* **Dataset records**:
▽

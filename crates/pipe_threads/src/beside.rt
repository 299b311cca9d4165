//! Calls at each place of a list, side by side.

ghost use Rattle.std.specs.Prelude.{◌≡◌, ◌+◌, ◌<◌, ◌^◌, length, slice_index_or, ℕ};
ghost use Rattle.std.specs.Fork.{AcceptsAt, AcceptsEach, ChangesAt, ChangesEach};
ghost use Rattle.std.specs.Thread.{IsSync, IsSend};
ghost use Rattle.pipe_threads.specs.Places.{AreAccepted, AreChanged};

use std::thread::{Threads, join_mut};

/// Calls f(i, &mut s[i]) at each place, in at most so many threads: this one, and others that this one
/// makes, where they can be had. Each takes places that follow one another. Threads that new threads
/// make often wait for the processors of their makers, though others have nothing to do.
pub fn for_each_beside<R: Threads + Sync, T: Send, F: Fn(usize, &mut T) + Sync>(
    rt: &R,
    s: &mut [T],
    threads: usize,
    f: &F,
)
    requires accepts { AcceptsEach F.Fn f.now s.old }
    ensures { ChangesEach F.Fn f.now s.old s.new }
{
    each_from(rt, f, threads, 0, s);
}

/// Calls f at a place.
fn at_one<T, F: Fn(usize, &mut T)>(f: &F, place: usize, item: &mut T)
    requires { AcceptsAt F.Fn f.now place item.old }
    ensures { ChangesAt F.Fn f.now place item.old item.new }
{
    f(place, item);
}

/// Calls f at the places from one on, one after another.
fn in_turn<T, F: Fn(usize, &mut T)>(f: &F, base: usize, s: &mut [T])
    requires { AreAccepted (AcceptsAt F.Fn f.now) base s.old }
    ensures { AreChanged (ChangesAt F.Fn f.now) base s.old s.new }
{
    for k in 0..s.len() {
        at_one(f, base + k, &mut s[k]);
    }
}

/// Calls f at some places in another thread, and does other work in this one.
fn beside_work<R: Threads + Sync, T: Send, F: Fn(usize, &mut T) + Sync, B: FnMut()>(
    rt: &R,
    f: &F,
    base: usize,
    first: &mut [T],
    work: &mut B,
)
    requires first { AreAccepted (AcceptsAt F.Fn f.now) base first.old }
    requires work { B.pre work.old }
    ensures first { AreChanged (ChangesAt F.Fn f.now) base first.old first.new }
    ensures work { B.step work.old tt work.new }
{
    let mut front = ||
        requires { IsSync F.row × IsSend T.row
            × AreAccepted (AcceptsAt F.Fn f.now) base first.now }
        ensures { AreChanged (ChangesAt F.Fn f.entry.now) base first.entry.now first.exit.now }
    { in_turn(f, base, first) };
    join_mut(rt, &mut front, work);
}

/// Calls f at the places from one on, in at most so many threads.
#[cycle(places)]
fn each_from<R: Threads + Sync, T: Send, F: Fn(usize, &mut T) + Sync>(
    rt: &R,
    f: &F,
    threads: usize,
    base: usize,
    s: &mut [T],
)
    requires { AreAccepted (AcceptsAt F.Fn f.now) base s.old }
    ensures { AreChanged (ChangesAt F.Fn f.now) base s.old s.new }
{
    if threads < 2 || s.len() < 2 {
        in_turn(f, base, s);
        return;
    }
    let size = s.len().div_ceil(threads);
    let (first, others) = s.split_at_mut(size);
    first_and_others(rt, f, base, first, threads - 1, base + size, others);
}

/// Calls f at some places in another thread, and at others in at most so many.
#[cycle(places)]
fn first_and_others<R: Threads + Sync, T: Send, F: Fn(usize, &mut T) + Sync>(
    rt: &R,
    f: &F,
    base: usize,
    first: &mut [T],
    threads: usize,
    next: usize,
    others: &mut [T],
)
    requires first { AreAccepted (AcceptsAt F.Fn f.now) base first.old }
    requires others { AreAccepted (AcceptsAt F.Fn f.now) next others.old }
    ensures first { AreChanged (ChangesAt F.Fn f.now) base first.old first.new }
    ensures others { AreChanged (ChangesAt F.Fn f.now) next others.old others.new }
{
    let mut back = ||
        requires { IsSync R.row × IsSync F.row × IsSend T.row
            × AreAccepted (AcceptsAt F.Fn f.now) next others.now }
        ensures { AreChanged (ChangesAt F.Fn f.entry.now) next others.entry.now others.exit.now }
    { each_from(rt, f, threads, next, others) };
    beside_work(rt, f, base, first, &mut back);
}
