//! Threads that one thread makes.
#![tactic(auto)]

mod beside;

pub use beside::for_each_beside;
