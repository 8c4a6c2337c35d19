//! What is read of a future: the value that it has, or the future that is awaited.

ghost use Rattle.std.specs.Prelude.{◌≡◌};
ghost use Rattle.asp_model.specs.Chase.{chase as chase_of};
ghost use Rattle.asp_model.specs.Shapes.{future_shape};
ghost use Rattle.future_table.specs.Values.{values_of};
ghost use Rattle.def_paths.specs.Places.{name_by, value_by};
ghost use Rattle.run_ends.specs.Reads.{seen_value};

use asp_model::FutureName;
use code_table::Parcel;
use future_table::{Chase, FutureTable};

/// The value that a future has in the end.
pub fn value_of<'a>(futures: &'a FutureTable, future: &'a FutureName) -> Option<&'a Parcel>
    ensures value { let c = chase_of (values_of futures.now) (future_shape future.now) in
        seen_value result ≡ value_by c }
{
    match futures.chase(future) {
        Chase::Value(name) => futures.value(name),
        Chase::Unfilled(_) | Chase::Cycle(_) => None,
    }
}

/// The future that is awaited where this one has no value.
pub fn awaited<'a>(futures: &'a FutureTable, future: &'a FutureName) -> &'a FutureName
    ensures name { let c = chase_of (values_of futures.now) (future_shape future.now) in
        future_shape result.now ≡ name_by c }
{
    match futures.chase(future) {
        Chase::Value(name) | Chase::Unfilled(name) | Chase::Cycle(name) => name,
    }
}
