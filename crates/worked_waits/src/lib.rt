//! Worked rows of waiting: what is told of somebody who waits for good, in each of the five ways.
//! No function computes anything: each stands for its clauses.
#![tactic(auto)]

mod rows;

pub use rows::{asking_each_other, asking_itself, single, values};
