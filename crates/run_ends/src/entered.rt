//! The places at which values are entered, by numbers. So a place is a pair of numbers, however deep
//! it lies in values.

ghost use Rattle.std.specs.Prelude.{◌≡◌, ◌+◌, ◌≤◌, ◌<◌, ◌^◌, [], IfOk, OnOk};
ghost use Rattle.def_paths.specs.Places.{Side, entered};
ghost use Rattle.run_ends.specs.Reads.{IsAt, seen_value};
ghost use Rattle.run_ends.specs.Spots.{
  EntersAt,
  Grows,
  HasValues,
  IsHome,
  IsNumbered,
  IsSpot,
  numbered_place,
  place_of,
  places_in,
  size_of,
};

use code_table::{Parcel, Place};
use indexmap::IndexSet;
use std::alloc::{AllocError, Global};

/// Where one reads: a cell of the store, or of a value. The root of a value stands where the value is
/// entered.
#[derive(Clone, Copy)]
pub enum At<'a> {
    Store(Place),
    Value(&'a Parcel, Place),
}

/// A place: a cell of the store, where `home` is 0, or of the value that is entered at the spot of the
/// number below. No spot is the root of a value, since that stands where the value is entered.
#[derive(Clone, Copy, PartialEq, Eq, Hash, Drop)]
pub struct Spot {
    pub home: usize,
    pub cell: Place,
}

/// The spots at which values are entered, each with its value. Their order gives them numbers.
#[derive(Drop)]
pub struct Entered<'a> {
    pub spots: IndexSet<Spot>,
    pub values: Vec<&'a Parcel>,
}

impl<'a> Entered<'a> {
    /// No value is entered.
    pub fn new(alloc: Global) -> Entered<'a>
        ensures numbered { IsNumbered result }
        ensures none { result.spots.keys ≡ [] }
    {
        Entered {
            spots: IndexSet::new(alloc),
            values: Vec::new(alloc),
        }
    }

    /// Where one reads at a spot.
    pub fn at(&self, spot: Spot) -> At<'a>
        requires numbered { IsNumbered self.now }
        requires within { spot.home ≤ size_of self.now }
        ensures at { (a : Side) → HasValues a self.now → IsAt a result (place_of self.now spot) }
    {
        if spot.home == 0 {
            At::Store(spot.cell)
        } else {
            At::Value(self.values[spot.home - 1], spot.cell)
        }
    }

    /// Where the cells stand that the cell holds which is read at a spot: the number of the spot and 1,
    /// where a value is entered there.
    pub fn home(&mut self, spot: Spot, value: Option<&'a Parcel>) -> Result<usize, AllocError>
        requires numbered { IsNumbered self.old }
        requires spot { IsSpot (size_of self.old) spot }
        ensures numbered { OnOk result (IsNumbered self.new) }
        ensures grows { OnOk result (Grows self.old self.new) }
        ensures within { IfOk result (λ home. home ≤ size_of self.new) }
        ensures home { (a : Side) → HasValues a self.old
            → seen_value value.entry ≡ entered a (place_of self.old spot)
            → IfOk result (λ home. HasValues a self.new
            × IsHome a (place_of self.old spot) self.new home) }
    {
        match value {
            Some(value) => Ok(self.number(spot, value)? + 1),
            None => Ok(spot.home),
        }
    }

    // The number of a spot at which this value is entered.
    fn number(&mut self, spot: Spot, value: &'a Parcel) -> Result<usize, AllocError>
        ensures enters { IfOk result (λ k. EntersAt spot value.entry self.old self.new k) }
        ensures within { IfOk result (λ k. k + 1 < 2 ^ 64) }
    {
        let (number, is_new) = self.spots.insert_full(spot)?;
        if is_new {
            self.values.push(value)?;
        }
        // Read for `within`: the number of spots is a number.
        let _count = self.spots.len();
        Ok(number)
    }

    /// The spot of a cell, which is the spot where the value is entered, if it is the value's root.
    pub fn spot(&self, home: usize, cell: Place) -> Spot
        requires numbered { IsNumbered self.now }
        requires within { home ≤ size_of self.now }
        ensures spot { IsSpot (size_of self.now) result }
        ensures place { place_of self.now result
            ≡ numbered_place (places_in self.now) home cell }
    {
        if home > 0 && cell == 0 {
            self.spots[home - 1]
        } else {
            Spot { home, cell }
        }
    }
}
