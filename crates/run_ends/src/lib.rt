//! What a run ends with: its outcome, and the state of each activity as the run left it. Places of a
//! state are pairs of numbers, and futures have their values.
#![tactic(auto)]

mod ends;
mod entered;
mod values;

pub use ends::{EndState, RunEnd};
pub use entered::{At, Entered, Spot};
pub use values::{awaited, value_of};
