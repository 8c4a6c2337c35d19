//! The end of a run with the states of its activities. Nothing of a state is copied or decoded.

ghost use Rattle.std.specs.Prelude.{◌≡◌, List, reverse, slice_get};
ghost use Rattle.std.specs.Option.{option_copied};
ghost use Rattle.asp_model.specs.Configuration.{ServiceShape};
ghost use Rattle.asp_model.specs.Intent.{Done};
ghost use Rattle.asp_model.specs.Shapes.{status_shape};
ghost use Rattle.asp_model.specs.Term.{Tree};
ghost use Rattle.code_table.specs.declared.code.Node.{Node as NodeShape};
ghost use Rattle.step_machine.specs.Standing.{Standing, view_of};
ghost use Rattle.def_paths.specs.Snapshots.{SnapshotShape, result_in};
ghost use Rattle.run_ends.specs.Ends.{IsSnapshotOf, none_waits};

use asp_model::{Outcome, Status};
use code_table::{Code, Place};
use future_table::FutureTable;
use object_store::Store;
use std::sync::Arc;
use step_machine::{Focus, Form, Frame, Machine};

/// The state of an activity at the end of a run.
pub struct EndState {
    /// Its term and its suspended services.
    pub machine: Machine,
    pub store: Store,
    /// Where its active object stands.
    pub active: Place,
}

// Written out, so that crates above drop it by one call.
impl Drop for EndState {
    fn drop(self) {
        let EndState {
            machine: _,
            store: _,
            active: _,
        } = self;
    }
}

/// The end of a run.
pub struct RunEnd {
    /// What a report without states says of it.
    pub outcome: Outcome,
    /// The states of its activities, in their order.
    pub states: Vec<EndState>,
    /// The filled futures.
    pub futures: FutureTable,
    /// The code that all its activities run.
    pub code: Arc<Code>,
}

// Written out, so that crates above drop it by one call.
impl Drop for RunEnd {
    fn drop(self) {
        let RunEnd {
            outcome: _,
            states: _,
            futures: _,
            code: _,
        } = self;
    }
}

// No frame waits for a term of the service that runs.
fn none_waits_in(frames: &[Frame]) -> bool
    ensures { result ≡ none_waits (reverse frames.now) }
{
    if frames.is_empty() {
        return true;
    }
    matches!(frames[frames.len() - 1].form, Form::Service)
}

// The place that the term of a machine is, where it is one.
fn place_in(machine: &Machine) -> Option<Place>
    ensures place { (k : List NodeShape) (t : Tree) (vs : List ServiceShape) →
        Standing k (view_of machine.now) t vs → result ≡ result_in Done t }
{
    match machine.focus {
        Focus::Place(place) => {
            if none_waits_in(&machine.frames) {
                Some(place)
            } else {
                None
            }
        }
        Focus::Node { .. } => None,
        Focus::Asked(_) => None,
        Focus::Calls { .. } => None,
        Focus::Called { .. } => None,
    }
}

impl RunEnd {
    /// The state of the activity with a number, in the order of names.
    pub fn state(&self, number: usize) -> Option<&EndState>
        ensures state { option_copied result ≡ slice_get self.now.states.items number }
    {
        self.states.get(number)
    }

    /// What a report without states says of it, where the rest is not needed any more.
    pub fn into_outcome(self) -> Outcome
        ensures outcome { result ≡ self.outcome }
    {
        let RunEnd {
            outcome,
            states: _,
            futures: _,
            code: _,
        } = self;
        outcome
    }
}

impl EndState {
    /// The place that its term is, where it is done.
    pub fn result(&self, status: &Status) -> Option<Place>
        ensures result { (k : List NodeShape) (s : SnapshotShape) → IsSnapshotOf k self.now s →
            result ≡ result_in (status_shape status.now) s.term }
    {
        match status {
            Status::Done => place_in(&self.machine),
            Status::Serving => None,
            Status::Running => None,
            Status::Awaits(_) => None,
            Status::Faulted(_) => None,
        }
    }
}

△

* **Exercise instructions**: Count every line of the records that includes "stands", and give that number with no other words.

* **Result**: 4